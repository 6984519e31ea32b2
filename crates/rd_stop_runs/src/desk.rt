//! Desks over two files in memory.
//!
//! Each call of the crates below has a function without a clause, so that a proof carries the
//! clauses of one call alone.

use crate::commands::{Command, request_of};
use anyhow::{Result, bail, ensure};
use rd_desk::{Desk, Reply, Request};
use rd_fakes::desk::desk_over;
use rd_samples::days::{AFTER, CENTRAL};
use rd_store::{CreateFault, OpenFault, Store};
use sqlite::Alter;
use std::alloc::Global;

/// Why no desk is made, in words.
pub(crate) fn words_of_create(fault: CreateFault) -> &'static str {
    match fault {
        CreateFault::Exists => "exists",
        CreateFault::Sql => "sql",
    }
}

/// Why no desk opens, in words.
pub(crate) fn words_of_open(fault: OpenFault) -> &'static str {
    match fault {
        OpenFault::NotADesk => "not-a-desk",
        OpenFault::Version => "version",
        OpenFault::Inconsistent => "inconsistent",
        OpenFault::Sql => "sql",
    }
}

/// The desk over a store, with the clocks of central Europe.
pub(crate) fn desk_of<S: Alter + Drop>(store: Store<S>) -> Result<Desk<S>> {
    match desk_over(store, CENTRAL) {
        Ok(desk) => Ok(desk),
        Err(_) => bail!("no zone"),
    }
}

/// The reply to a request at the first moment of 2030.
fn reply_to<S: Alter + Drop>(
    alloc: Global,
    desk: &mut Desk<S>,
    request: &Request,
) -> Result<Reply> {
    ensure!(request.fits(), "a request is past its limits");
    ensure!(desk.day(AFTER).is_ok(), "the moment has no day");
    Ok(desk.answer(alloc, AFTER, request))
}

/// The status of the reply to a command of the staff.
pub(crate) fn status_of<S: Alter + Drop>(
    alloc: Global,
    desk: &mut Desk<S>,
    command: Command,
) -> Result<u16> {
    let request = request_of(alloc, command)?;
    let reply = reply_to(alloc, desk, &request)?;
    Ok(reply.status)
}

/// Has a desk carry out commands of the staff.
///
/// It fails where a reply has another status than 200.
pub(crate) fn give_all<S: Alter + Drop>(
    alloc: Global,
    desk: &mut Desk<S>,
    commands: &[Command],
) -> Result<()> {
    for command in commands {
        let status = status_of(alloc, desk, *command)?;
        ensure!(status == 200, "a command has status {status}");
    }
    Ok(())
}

• • • • • • •

Exercise prompt :: What is wanted is every line from the first line of the entries through the line that contains "made, in words.", given again exactly.

Written answer ::
repository 6984519e31ea32b2
filename crates/rd_stop_runs/src/desk.rt
//! Desks over two files in memory.
//!
//! Each call of the crates below has a function without a clause, so that a proof carries the
//! clauses of one call alone.

use crate::commands::{Command, request_of};
use anyhow::{Result, bail, ensure};
use rd_desk::{Desk, Reply, Request};
use rd_fakes::desk::desk_over;
use rd_samples::days::{AFTER, CENTRAL};
use rd_store::{CreateFault, OpenFault, Store};
use sqlite::Alter;
use std::alloc::Global;

/// Why no desk is made, in words.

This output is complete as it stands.